What architectural changes have you made?
We are building a true multitenant service-oriented architecture for digital capabilities, powered by a data platform to personalize the experience for a particular customer at a particular brand. This way, as we add more brands to the platform, we can deliver new features faster and cheaper, because we have already developed services around menu creation and pricing, for example.
We can deliver digital capabilities to a new brand in weeks—previously this would have taken several months. In the previous model, each brand would have had to develop new digital capabilities themselves, which they could not do because of the amount of investment required. We could add features to the platform, turn on for a single brand to A/B test/pilot and expand to all other brands or turn on that feature to all brands at once.

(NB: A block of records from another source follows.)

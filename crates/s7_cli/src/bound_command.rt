ghost use Rattle.std.specs.Prelude.{ℕ, List, [], ◌∷◌, Some, IfOk};
ghost use Rattle.plc_io.specs.Moments.{FilesAt};
ghost use Rattle.s7_cli.specs.BoundSays.{BoundSays};
ghost use Rattle.s7_cli.specs.BoundTexts.{IsChainLine, IsBoundText, IsBoundTextOfImage};
ghost use Rattle.s7_cli.specs.Command.{Bound};
ghost use Rattle.s7_cli.specs.Ends.{EndsWithStatus, sink_moments};
ghost use Rattle.s7_cli.specs.Inner.{ComesBeforeLine, CommandComesTo, SaysRefusal};
ghost use Rattle.s7_cli.specs.Reading.{disk_moments};
ghost use Rattle.s7_cli.specs.StatusTable.{StatusTable};

use crate::command_checks::loaded_image;
use crate::failures::{ExitStatus, Failure, File};
use crate::files::read_file;
use crate::finish::{end_command, write_output, write_text};
use plc_base::NoMemory;
use plc_io::{Files, Sink};
use stack_bound::{Found, find, write_certificate, write_chain};
use std::alloc::Global;

/// What is found of a program, as text.
#[derive(Drop)]
enum BoundText {
    /// The certificate.
    Fits { certificate: Vec<u8> },
    /// The line of a chain that is too deep.
    Deep { line: Vec<u8> },
}

/// The text of what was found.
fn text_of_found(alloc: Global, found: &Found) -> Result<BoundText, NoMemory>
    ensures { IfOk result (IsBoundText found.now) }
{
    let mut text = Vec::new(alloc);
    match found {
        Found::Fits { list } => {
            write_certificate(list, &mut text)?;
            Ok(BoundText::Fits { certificate: text })
        }
        Found::Deep { chain } => {
            write_chain(chain, &mut text)?;
            Ok(BoundText::Deep { line: text })
        }
    }
}

/// Checks an image, and finds the certificate of its program, or a chain that is too deep.
#[tactic(auto, using(crate::proofs::BoundLemmas::tells))]
fn check_bound(alloc: Global, image: &[u8]) -> Result<BoundText, Failure>
    ensures tells { IfOk result (IsBoundTextOfImage image.now) }
    ensures refused { SaysRefusal (BoundSays image.now) result }
{
    let loaded = loaded_image(alloc, image)?;
    let found = find(alloc, &loaded)?;
    Ok(text_of_found(alloc, &found)?)
}

/// Writes the line of a chain that is too deep.
fn write_deep<K: Sink>(out: &mut K, line: &[u8]) -> Result<(), Failure>
    ensures { let took = sink_moments (K.shown out.old) (K.shown out.new) in
        (img cert image : List ℕ) (at : FilesAt) → IsChainLine line.now image
        → CommandComesTo (Bound img cert) (image ∷ []) (disk_moments at at) took result }
{
    write_text(out, line)?;
    Err(Failure::TooDeep)
}

/// Writes the certificate of an image and then `OK`, or the line of a chain.
fn bound_image<F: Files, K: Sink>(
    alloc: Global,
    image: &[u8],
    cert: &str,
    files: &mut F,
    out: &mut K,
) -> Result<(), Failure>
    ensures { let went = disk_moments (F.shown files.old) (F.shown files.new) in
        let took = sink_moments (K.shown out.old) (K.shown out.new) in
        (img : List ℕ)
        → CommandComesTo (Bound img cert.now) (image.now ∷ []) went took result }
{
    match check_bound(alloc, image) {
        Ok(BoundText::Fits { certificate }) => write_output(files, out, cert, &certificate),
        Ok(BoundText::Deep { line }) => write_deep(out, &line),
        Err(failure) => Err(failure),
    }
}

/// Reads an image, and writes its certificate and then `OK`, or the line of a chain.
fn bound<F: Files, K: Sink>(
    alloc: Global,
    img: &str,
    cert: &str,
    files: &mut F,
    out: &mut K,
) -> Result<(), Failure>
    ensures { let went = disk_moments (F.shown files.old) (F.shown files.new) in
        let took = sink_moments (K.shown out.old) (K.shown out.new) in
        ComesBeforeLine (Some (Bound img.now cert.now)) went took result }
{
    let image = read_file(alloc, files, File::Image, img)?;
    bound_image(alloc, &image, cert, files, out)
}

/// Loads the image in the file `img`, makes the least certificate of its stacks the whole of the
/// file `cert`, and then writes `OK`; or writes a chain of calls that is too deep, or the line of a
/// refusal, and no file. Where the status is 0, no valid history of the image leads to a STOP by
/// block depth or local data.
pub fn cmd_bound<F: Files, K: Sink>(
    alloc: Global,
    img: &str,
    cert: &str,
    files: &mut F,
    out: &mut K,
) -> ExitStatus
    ensures ends { let went = disk_moments (F.shown files.old) (F.shown files.new) in
        EndsWithStatus (Some (Bound img.now cert.now)) went
        (sink_moments (K.shown out.old) (K.shown out.new)) result.code }
    ensures table { let went = disk_moments (F.shown files.old) (F.shown files.new) in
        StatusTable (Some (Bound img.now cert.now)) went
        (sink_moments (K.shown out.old) (K.shown out.new)) result.code }
{
    let came = bound(alloc, img, cert, files, out);
    end_command(out, came)
}
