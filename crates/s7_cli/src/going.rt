ghost use Rattle.std.specs.Prelude.{ℕ, ◌≤◌, List, [], ◌∷◌, ◌++◌, Option, length, Some};
ghost use Rattle.std.specs.Option.{option_map};
ghost use Rattle.plc_io.specs.Moments.{FilesAt};
ghost use Rattle.s7_cli.specs.Command.{Go};
ghost use Rattle.s7_cli.specs.Ends.{EndsWithStatus, sink_moments};
ghost use Rattle.s7_cli.specs.Inner.{ComesBeforeLine, CommandComesTo};
ghost use Rattle.s7_cli.specs.Reading.{disk_moments};
ghost use Rattle.s7_cli.specs.StatusTable.{StatusTable};
ghost use Rattle.s7_cli.specs.Texts.{AreFilesWithinLimits, file_contents_of};

use crate::command_checks::check_with_history;
use crate::failures::{ExitStatus, Failure, File};
use crate::files::{ProgramText, read_file, read_program};
use crate::finish::{end_command, outcome_of_write};
use crate::run_text::replay_text;
use plc_io::{Files, Sink};
use std::alloc::Global;

/// Checks a source with its symbols and a history, and writes the run.
fn go_along<K: Sink>(
    alloc: Global,
    text: &ProgramText,
    german: bool,
    history: &[u8],
    out: &mut K,
) -> Result<(), Failure>
    requires text { AreFilesWithinLimits text.now }
    requires history { length history.now ≤ 4194304 }
    ensures { let took = sink_moments (K.shown out.old) (K.shown out.new) in
        (src hist : List ℕ) (symbols : Option (List ℕ)) (at : FilesAt)
        → CommandComesTo (Go src symbols german hist)
        (file_contents_of text.now ++ history.now ∷ []) (disk_moments at at) took result }
{
    let (program, entries) = check_with_history(alloc, text, german, history)?;
    // programs that no history tells apart have one text
    controller::laws::continues_replay();
    outcome_of_write(replay_text(alloc, program, &entries, out))
}

/// Reads a source with its symbols and a history, checks all, and writes the run.
fn go<F: Files, K: Sink>(
    alloc: Global,
    src: &str,
    hist: &str,
    symbols: Option<&str>,
    german: bool,
    files: &mut F,
    out: &mut K,
) -> Result<(), Failure>
    ensures { let went = disk_moments (F.shown files.old) (F.shown files.new) in
        let took = sink_moments (K.shown out.old) (K.shown out.new) in
        ComesBeforeLine
        (Some (Go src.now (option_map (λ s. s.now) symbols.entry) german hist.now))
        went took result }
{
    let text = read_program(alloc, files, src, symbols)?;
    let history = read_file(alloc, files, File::History, hist)?;
    go_along(alloc, &text, german, &history, out)
}

/// Runs the source in the file `src`, with the symbols in the file `symbols` if there is one, both
/// of which are German where `german` says so, along the history in the file `hist`, and writes the
/// text of the run, or the line of a refusal.
pub fn cmd_go<F: Files, K: Sink>(
    alloc: Global,
    src: &str,
    hist: &str,
    symbols: Option<&str>,
    german: bool,
    files: &mut F,
    out: &mut K,
) -> ExitStatus
    ensures ends { let went = disk_moments (F.shown files.old) (F.shown files.new) in
        let took = sink_moments (K.shown out.old) (K.shown out.new) in
        EndsWithStatus
        (Some (Go src.now (option_map (λ s. s.now) symbols.entry) german hist.now))
        went took result.code }
    ensures table { let went = disk_moments (F.shown files.old) (F.shown files.new) in
        let took = sink_moments (K.shown out.old) (K.shown out.new) in
        StatusTable
        (Some (Go src.now (option_map (λ s. s.now) symbols.entry) german hist.now))
        went took result.code }
{
    let came = go(alloc, src, hist, symbols, german, files, out);
    end_command(out, came)
}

We are talking about serverless functions, Kubernetes, containers, APIs, and services, all hosted in the cloud.
What was key to the cultural change necessary for this transformation?
We received a tremendous amount of support from leadership who knew that if technology, personalization, and data would be differentiating, we would need to build a new team. Eighty percent of my direct reports were hired in the last 18 to 24 months, and they come from a diverse list of industries, including hospitality, retail, and healthcare.
The brand leadership is critical to the cultural change as well. Each brand has a chief marketing officer, who oversees the guest experience. If you’re the SONIC CMO, you are thinking about how to engage a SONIC customer through the drive-in, which is very different than how the CMO at Buffalo Wild Wings, which is casual dining, is thinking about the customer. The CMOs ensure that the technology that goes into the brands enables brand uniqueness.
Another important part of our new culture is the “test and learn” approach, which has to happen in IT and in the brands. For contactless pay, for example, the brand had to get comfortable with the fact that the pilot solution would not be a fully integrated experience at first, and would be different from what they will experience when the solution is delivered at scale.
In moving to the new operating model, what would you have done differently?
When we acquired each brand, that brand had its own small IT team, and everybody knew each other. Looking back, I might have spent more time socializing the new operating model with the brands, so that they got more comfortable with the change before it started. In a three-year period, we went from the fifth-largest restaurant company in the U.S. to the second largest restaurant company in the U.S., which meant a lot of change for everyone. Knowing this, I would have done a little bit more upfront work, and shown the brands that we were not taking anything away from them—we were actually giving them more resources. I would have spent more time showing them how the model would benefit their employees and guests.
What advice do you have for CIOs looking to drive this kind of digital transformation?
You have to be able to tell the story of the new model in a way that makes sense to your stakeholders. If you were a business stakeholder, what story would you tell your customers or franchisees? The customers or franchisees don’t need to know that you are breaking down a monolithic application into a microservices architecture or going to the cloud for agility. They couldn’t care less. What they will respond to is: “How does it help the customer and your business? How can we make minimal investments to test out the concept before investing millions? But once we deliver it at scale, this is the value it will bring to your customers, employees, and your business.” Tell that story.